58. Pengikat EB. Peran FKBP5, pendamping pendamping reseptor glukokortikoid dalam patogenesis dan terapi gangguan afektif dan kecemasan. Psikoneuroendokrinologi. 2009;34(Lampiran 1): S186-S195.
59. Sarapis C, Cai G, Bierer LM, dkk. Penanda genetik untuk risiko PTSD dan ketahanan di antara para penyintas serangan World Trade Center. Dis Marker. 2011;30(2-3):101-110.
60. Yehuda R, Daskalakis NP, Desarnaud F, dkk. Biomarker epigenetik sebagai prediktor dan korelasi peningkatan gejala setelah psikoterapi pada veteran perang dengan PTSD. Psikolog Depan. 2013;4:118.

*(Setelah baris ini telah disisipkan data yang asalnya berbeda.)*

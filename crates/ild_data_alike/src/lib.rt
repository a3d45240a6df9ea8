//! Data that differ in their links alone, each link being as long as the other's: definitions and laws, and no code (DAG-CBOR, "Links";
//! IPLD HashMap).
#![tactic(auto)]

ghost use Rattle.ild_data_alike.specs.Laws.{AlikeAreAsLong, AlikeHaveAlikeTries};

/// They are spelled as long.
pub fn alike_are_as_long()
    ensures { AlikeAreAsLong }
{}

/// So are the nodes of the tries of entries whose values are such data.
pub fn alike_have_alike_tries()
    ensures { AlikeHaveAlikeTries }
{}
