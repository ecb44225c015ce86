// The names of one block, held side by side in an array: whether a name is among them, and the formals of a procedure, which are the
// first names of its body's block.
#![tactic(auto)]

ghost use Rattle.std.specs.Prelude.{◌≡◌, ◌+◌, ◌≤◌, length};
ghost use Rattle.language.specs.Basics.{among};
ghost use Rattle.check_names.specs.Naming.{names_at};

pub mod formals;

// Whether a name is among the count names from a base on. All are looked at, without a way out of the loop, so that several can be
// compared at once.
pub fn seen(names: &[u32], base: usize, count: usize, n: u32) -> bool
    requires { base + count ≤ length names.now }
    ensures { result ≡ among n (names_at names.now base count) }
{
    let mut found = false;
    for &name in &names[base..base + count] {
        if name == n {
            found = true;
        }
    }
    found
}
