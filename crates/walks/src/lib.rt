// Laws for proofs by hand of functions over a lent slice of structs, with no code.

#![tactic(auto)]
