// A procedure's formals: 4 for a kind that there is not, then 8 for a name that stands twice.
ghost use Rattle.std.specs.Prelude.{◌≡◌, [], ◌+◌, ◌≤◌, ◌<◌, length, take};
ghost use Rattle.language.specs.Structure.{formals};
ghost use Rattle.check_records.specs.Taking.{unread, forget};
ghost use Rattle.check_names.specs.Naming.{names_at, NamesOf};
ghost use Rattle.check_names.specs.Holding.{held_of, names_with};

use super::seen;
use check_fields::Reader;
use check_readers::formal_here;
use check_records::Reading;
use language::{Fault, Refusal};

// Kinds are numbered from 0.
const LAST_KIND: u32 = 2;

// A formal whose record was read at an offset: its name is put after the count names from a base on.
fn hold(
    names: &mut [u32],
    base: usize,
    count: usize,
    at: usize,
    reading: Reading,
) -> Result<usize, Fault>
    requires { base + count < length names.old }
    ensures judged { result ≡ held_of reading at (names_at names.old base count) }
    ensures held { names.new ≡ names_with result reading names.old (base + count) }
{
    let Reading::Taken { next, f0, f1, .. } = reading else {
        return check_records::onward(reading);
    };
    if LAST_KIND < f1 {
        return Err(Fault {
            cause: Refusal::FieldRange,
            offset: at,
        });
    }
    if seen(names, base, count, f0) {
        return Err(Fault {
            cause: Refusal::NameTwice,
            offset: at,
        });
    }
    names[base + count] = f0;
    Ok(next)
}

// p formals, handed out one after the other by one reader, which moves on. Their names are put from a base on. The judging is left to `hold`.
pub fn read_formals(
    script: &[u8],
    names: &mut [u32],
    at: usize,
    p: usize,
    base: usize,
) -> Result<usize, Fault>
    requires { base + p ≤ length names.old }
    ensures reads { result ≡ forget (formals p [] at (unread script.now at)) }
    ensures named { NamesOf (formals p [] at (unread script.now at)) (names_at names.new base p) }
    ensures keeps { take base names.new ≡ take base names.old }
{
    let mut reader = Reader { script, at };
    for i in 0..p {
        let reading = formal_here(reader);
        reader.at = hold(names, base, i, reader.at, reading)?;
    }
    Ok(reader.at)
}
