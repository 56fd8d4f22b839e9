//! Three lists of events, as a search reads them.
ghost use Rattle.std.specs.Prelude.{◌≡◌, true};
ghost use Rattle.af_merges.specs.Rising.{rises_from};

use af_base::{ClientEvent, HandEvent, ServerEvent};

/// The three lists.
#[derive(Clone, Copy)]
pub(crate) struct Events<'a> {
    pub client: &'a [ClientEvent],
    pub server: &'a [ServerEvent],
    pub hand: &'a [HandEvent],
    /// Whether each Met is known to name no fewer client events than the Met before it.
    pub rises: bool,
    ghost told: { rises ≡ true → rises_from 0 hand.now ≡ true },
}
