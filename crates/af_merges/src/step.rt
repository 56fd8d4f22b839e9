//! One event of a block's history as a step of a search.
ghost use Rattle.std.specs.Prelude.{◌≡◌, true, bit_or, IfSome, if◌then◌else◌, Some, None};
ghost use Rattle.af_model.specs.Point.{wrapped, flush_word as word_of_flushes, drop_end as end_of_drop, after_hand as after_hand_event};
ghost use Rattle.af_merges.specs.MergeSteps.{HasRoom, ClientGrows, ServerGrows, client_step, server_step};

use af_base::{ClientEvent, DISABLED, HandEvent, INVALID, ServerEvent};
use af_model::TrackPoint;

fn wrapped_word(x: u64) -> u32
    ensures { result ≡ wrapped x }
{
    (x % (1 << 32)) as u32
}

// The word of the flushes so far.
fn flush_word(point: &TrackPoint) -> u32
    ensures { result ≡ word_of_flushes point.now }
{
    if point.wrap == 0 {
        return point.flushes;
    }
    let place = point.flush_at % u64::from(point.wrap);
    point
        .flushes
        .wrapping_mul(point.wrap)
        .wrapping_add(place as u32)
}

// The position up to which a drop consumes.
fn drop_end(point: &TrackPoint) -> u64
    ensures { result ≡ end_of_drop point.now }
{
    if point.wrap == 0 {
        return point.rear_seen;
    }
    point.drop_to.max(point.consumed)
}

fn when(legal: bool, point: TrackPoint) -> Option<TrackPoint>
    ensures { result ≡ (if legal then Some point else None) }
{
    if legal { Some(point) } else { None }
}

fn with_consumed(point: &TrackPoint, consumed: u64) -> TrackPoint
    ensures { result ≡ record point.now { consumed = consumed } }
{
    TrackPoint { consumed, ..*point }
}

fn with_flags(point: &TrackPoint, bits: u32) -> TrackPoint
    ensures { result ≡ record point.now { flags = bit_or point.now.flags bits } }
{
    TrackPoint {
        flags: point.flags | bits,
        ..*point
    }
}

/// Whether a client's event is a look that is legal, with that many events of the server before it. A look changes no point.
pub(crate) fn may_look(point: &TrackPoint, servers: u64, event: &ClientEvent) -> bool
    ensures { result ≡ true → client_step point.now servers event.now ≡ Some point.now }
{
    match *event {
        ClientEvent::SawFlags { flags } => {
            if flags & INVALID == 0 {
                point.flags & INVALID == 0
            } else {
                flags == point.flags
            }
        }
        ClientEvent::SawFront { front } => front == wrapped_word(point.consumed),
        ClientEvent::SawStatus { word } => word == point.status,
        ClientEvent::Learn { count } => count <= servers,
        _ => false,
    }
}

/// The point after a client's event, if it is legal. That many events of the server stand before it.
pub(crate) fn after_client(
    point: &TrackPoint,
    servers: u64,
    event: &ClientEvent,
) -> Option<TrackPoint>
    requires { HasRoom point.now }
    ensures value { result ≡ client_step point.now servers event.now }
    // A client's event raises what was released by less than 2 ^ 32, and the flushes by one at most.
    ensures grows { IfSome result (ClientGrows point.now) }
{
    match *event {
        ClientEvent::Release { count } => Some(TrackPoint {
            released: point.released + u64::from(count),
            ..*point
        }),
        ClientEvent::Flush => Some(TrackPoint {
            flushes: point.flushes + 1,
            flush_at: point.released,
            ..*point
        }),
        ClientEvent::SetGain { word } => Some(TrackPoint {
            gains: word,
            ..*point
        }),
        ClientEvent::ClearFlags { old } => when(
            old == point.flags,
            TrackPoint {
                flags: point.flags & !DISABLED,
                ..*point
            },
        ),
        ClientEvent::SawFlags { flags } => {
            if flags & INVALID == 0 {
                when(point.flags & INVALID == 0, *point)
            } else {
                when(flags == point.flags, *point)
            }
        }
        ClientEvent::SawFront { front } => when(front == wrapped_word(point.consumed), *point),
        ClientEvent::SawStatus { word } => when(word == point.status, *point),
        ClientEvent::Poke { .. } => None,
        ClientEvent::Learn { count } => when(count <= servers, *point),
    }
}

/// The point after a server's event, if it is legal. That many events of the client stand before it.
pub(crate) fn after_server(
    point: &TrackPoint,
    clients: u64,
    event: &ServerEvent,
) -> Option<TrackPoint>
    requires { HasRoom point.now }
    ensures value { result ≡ server_step point.now clients event.now }
    // A server's event leaves no position beyond those that the point had.
    ensures grows { IfSome result (ServerGrows point.now) }
{
    match *event {
        ServerEvent::SawGain { word } => when(word == point.gains, *point),
        ServerEvent::SawFlush { flush } => when(
            flush == flush_word(point),
            TrackPoint {
                flush_seen: point.flushes,
                drop_to: point.flush_at,
                ..*point
            },
        ),
        ServerEvent::SawRear { rear } => when(
            rear == wrapped_word(point.released),
            TrackPoint {
                rear_seen: point.released,
                ..*point
            },
        ),
        ServerEvent::SawFront { front } => when(front == wrapped_word(point.consumed), *point),
        ServerEvent::Drop { to } => {
            let consumed = drop_end(point);
            when(to == wrapped_word(consumed), with_consumed(point, consumed))
        }
        ServerEvent::Take { count } => {
            let consumed = point.consumed + u64::from(count);
            when(consumed <= point.rear_seen, with_consumed(point, consumed))
        }
        ServerEvent::Tally { missing } => Some(TrackPoint {
            underruns: point.underruns.wrapping_add(missing),
            ..*point
        }),
        ServerEvent::SetFlags { bits } => Some(with_flags(point, bits)),
        ServerEvent::SetStatus { word } => Some(TrackPoint {
            status: word,
            ..*point
        }),
        ServerEvent::Learn { count } => when(count <= clients, *point),
    }
}

/// The point after an event of the hand.
pub(crate) fn after_hand(point: &TrackPoint, event: &HandEvent) -> TrackPoint
    ensures { result ≡ after_hand_event point.now event.now }
{
    match *event {
        HandEvent::SetFlags { bits } => with_flags(point, bits),
        HandEvent::Met { .. } => *point,
    }
}
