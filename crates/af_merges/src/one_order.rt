//! One order of three lists, tried event by event: where it leads through all of them, nothing need be searched.
ghost use Rattle.std.specs.Prelude.{◌≤◌, IfSome, length};
ghost use Rattle.af_merges.specs.Stages.{lists_of, IsWhole, InBounds, AreShortLists};
ghost use Rattle.af_merges.specs.MergeSteps.{HasRoom};
ghost use Rattle.af_merges.specs.OneOrder.{IsNextOf, LeadsTo};

use crate::events::Events;
use crate::search::{
    Stage, client_move, hand_move, is_whole, keeps_client, met_is_next, server_move, when,
};
use crate::step::{after_client, may_look};
use af_base::{ClientEvent, ServerEvent};
use af_model::TrackPoint;

// Which event comes first is chosen so that an order is mostly found. Whatever is chosen, what is found is an order.

/// Whether a server's event changes nothing that a client sees.
fn is_hidden(event: &ServerEvent) -> bool {
    match *event {
        ServerEvent::SawGain { .. }
        | ServerEvent::SawFlush { .. }
        | ServerEvent::SawRear { .. }
        | ServerEvent::SawFront { .. }
        | ServerEvent::Tally { .. }
        | ServerEvent::Learn { .. } => true,
        ServerEvent::Drop { .. }
        | ServerEvent::Take { .. }
        | ServerEvent::SetFlags { .. }
        | ServerEvent::SetStatus { .. } => false,
    }
}

/// A look of the client, if that is its next event. It changes no point.
fn if_client_looks(events: &Events<'_>, stage: &Stage) -> Option<Stage>
    requires short { AreShortLists (lists_of events.now) }
    requires bounds { InBounds (lists_of events.now) stage.now }
    ensures next { IfSome result (IsNextOf (lists_of events.now) stage.now) }
    ensures bounds { IfSome result (InBounds (lists_of events.now)) }
{
    let event = events.client.get(stage.clients)?;
    if !may_look(&stage.point, stage.servers as u64, event) {
        return None;
    }
    when(
        keeps_client(events.hand, stage.clients, stage.hands, events.rises),
        Stage {
            clients: stage.clients + 1,
            ..*stage
        },
    )
}

#[tactic(auto, using(crate::proofs::OneOrder::is_next))]
fn if_server_hides(events: &Events<'_>, stage: &Stage) -> Option<Stage>
    requires short { AreShortLists (lists_of events.now) }
    requires bounds { InBounds (lists_of events.now) stage.now }
    ensures next { IfSome result (IsNextOf (lists_of events.now) stage.now) }
    ensures bounds { IfSome result (InBounds (lists_of events.now)) }
{
    let event = events.server.get(stage.servers)?;
    if is_hidden(event) {
        server_move(events, stage)
    } else {
        None
    }
}

/// A step that the other party can't see, if there is one.
#[tactic(auto, using(crate::proofs::OneOrder::is_next))]
fn step_unseen(events: &Events<'_>, stage: &Stage) -> Option<Stage>
    requires short { AreShortLists (lists_of events.now) }
    requires bounds { InBounds (lists_of events.now) stage.now }
    ensures next { IfSome result (IsNextOf (lists_of events.now) stage.now) }
    ensures bounds { IfSome result (InBounds (lists_of events.now)) }
{
    if met_is_next(events, stage) {
        return hand_move(events, stage);
    }
    match if_client_looks(events, stage) {
        Some(next) => Some(next),
        None => if_server_hides(events, stage),
    }
}

/// Whether the client sees at the one point what it would not see at the other.
fn is_awaited(client: &[ClientEvent], servers: usize, now: &TrackPoint, later: &TrackPoint) -> bool
    requires now { HasRoom now.now }
    requires later { HasRoom later.now }
{
    for event in client {
        if after_client(now, servers as u64, event).is_none() {
            return false;
        }
        if after_client(later, servers as u64, event).is_none() {
            return true;
        }
    }
    false
}

/// The server's step, if the client sees nothing before it that it would not see after it.
#[tactic(auto, using(crate::proofs::OneOrder::is_next))]
fn if_server_may(events: &Events<'_>, stage: &Stage) -> Option<Stage>
    requires short { AreShortLists (lists_of events.now) }
    requires bounds { InBounds (lists_of events.now) stage.now }
    ensures next { IfSome result (IsNextOf (lists_of events.now) stage.now) }
    ensures bounds { IfSome result (InBounds (lists_of events.now)) }
{
    let next = server_move(events, stage)?;
    let (_, client) = events.client.split_at(stage.clients);
    if is_awaited(client, stage.servers, &stage.point, &next.point) {
        None
    } else {
        Some(next)
    }
}

/// A step that another party may see.
#[tactic(auto, using(crate::proofs::OneOrder::is_next))]
fn step_seen(events: &Events<'_>, stage: &Stage) -> Option<Stage>
    requires short { AreShortLists (lists_of events.now) }
    requires bounds { InBounds (lists_of events.now) stage.now }
    ensures next { IfSome result (IsNextOf (lists_of events.now) stage.now) }
    ensures bounds { IfSome result (InBounds (lists_of events.now)) }
{
    if let Some(next) = if_server_may(events, stage) {
        return Some(next);
    }
    if let Some(next) = client_move(events, stage) {
        return Some(next);
    }
    hand_move(events, stage)
}

/// One event more, if one is legal.
fn step(events: &Events<'_>, stage: &Stage) -> Option<Stage>
    requires short { AreShortLists (lists_of events.now) }
    requires bounds { InBounds (lists_of events.now) stage.now }
    ensures next { IfSome result (IsNextOf (lists_of events.now) stage.now) }
    ensures bounds { IfSome result (InBounds (lists_of events.now)) }
{
    match step_unseen(events, stage) {
        Some(next) => Some(next),
        None => step_seen(events, stage),
    }
}

/// The stage after all events, if the order that is tried leads there.
pub(crate) fn end_of_one_order(events: &Events<'_>, from: &Stage) -> Option<Stage>
    requires short { AreShortLists (lists_of events.now) }
    requires bounds { InBounds (lists_of events.now) from.now }
    ensures way { IfSome result (LeadsTo (lists_of events.now) from.now) }
    ensures bounds { IfSome result (InBounds (lists_of events.now)) }
    ensures whole { IfSome result (IsWhole (lists_of events.now)) }
{
    let all = events.client.len() + events.server.len() + events.hand.len();
    let first = from.clients + from.servers + from.hands;
    let mut stage = *from;
    for _event in first..all {
        match step(events, &stage) {
            Some(next) => stage = next,
            None => return None,
        }
    }
    if is_whole(events, &stage) {
        Some(stage)
    } else {
        None
    }
}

61. Yehuda R, Cai G, Grolier JA, dkk. Pola ekspresi gen yang terkait dengan gangguan stres pascatrauma setelah terpapar serangan World Trade Center. Biola Psikiatri. 2009;66:708-711.
62. Li CQ, Luo YW, Bi FF, dkk. Pengembangan perilaku seperti kecemasan melalui pensinyalan IGF-2 hipokampus pada keturunan paparan morfin orang tua: efek lingkungan yang diperkaya. Neuropsikofarmakologi. 2014;39(12):2777-2787.
63. Czermak C, Staley JK, Kasserman S, dkk. beta2 Ketersediaan reseptor asetilkolin nikotinat pada gangguan stres pasca-trauma. Int J Neuropsychopharmacol. 2008;11(3):419-424.
64. Milad MR, Pitman RK, Ellis CB, dkk. Dasar neurobiologis kegagalan untuk mengingat memori kepunahan pada gangguan stres pascatrauma. Biola Psikiatri. 2009;66(12)::1075-1082.